AVAILABLE RECORDS:
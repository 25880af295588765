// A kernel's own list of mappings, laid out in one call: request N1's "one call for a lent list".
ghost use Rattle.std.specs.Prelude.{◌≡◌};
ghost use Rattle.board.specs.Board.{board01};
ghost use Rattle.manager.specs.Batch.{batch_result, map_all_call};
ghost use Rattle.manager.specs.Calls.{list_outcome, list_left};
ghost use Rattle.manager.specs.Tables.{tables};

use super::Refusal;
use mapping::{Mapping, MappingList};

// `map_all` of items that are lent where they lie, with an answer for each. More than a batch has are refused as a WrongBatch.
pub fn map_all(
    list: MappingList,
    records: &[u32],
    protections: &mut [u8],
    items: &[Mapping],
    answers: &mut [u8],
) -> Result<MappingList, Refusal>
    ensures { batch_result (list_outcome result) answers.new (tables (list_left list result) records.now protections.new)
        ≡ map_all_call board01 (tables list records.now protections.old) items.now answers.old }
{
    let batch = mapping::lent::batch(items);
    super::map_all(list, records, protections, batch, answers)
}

ABOUT THIS EXERCISE:
Return each line above precisely as written.

TASK RESPONSE:
repository 25880af295588765
// A kernel's own list of mappings, laid out in one call: request N1's "one call for a lent list".
ghost use Rattle.std.specs.Prelude.{◌≡◌};
ghost use Rattle.board.specs.Board.{board01};
ghost use Rattle.manager.specs.Batch.{batch_result, map_all_call};
ghost use Rattle.manager.specs.Calls.{list_outcome, list_left};
ghost use Rattle.manager.specs.Tables.{tables};

use super::Refusal;
use mapping::{Mapping, MappingList};

// `map_all` of items that are lent where they lie, with an answer for each. More than a batch has are refused as a WrongBatch.
pub fn map_all(
    list: MappingList,
    records: &[u32],
    protections: &mut [u8],
    items: &[Mapping],
    answers: &mut [u8],
) -> Result<MappingList, Refusal>
    ensures { batch_result (list_outcome result) answers.new (tables (list_left list result) records.now protections.new)
        ≡ map_all_call board01 (tables list records.now protections.old) items.now answers.old }
{
    let batch = mapping::lent::batch(items);
    super::map_all(list, records, protections, batch, answers)
}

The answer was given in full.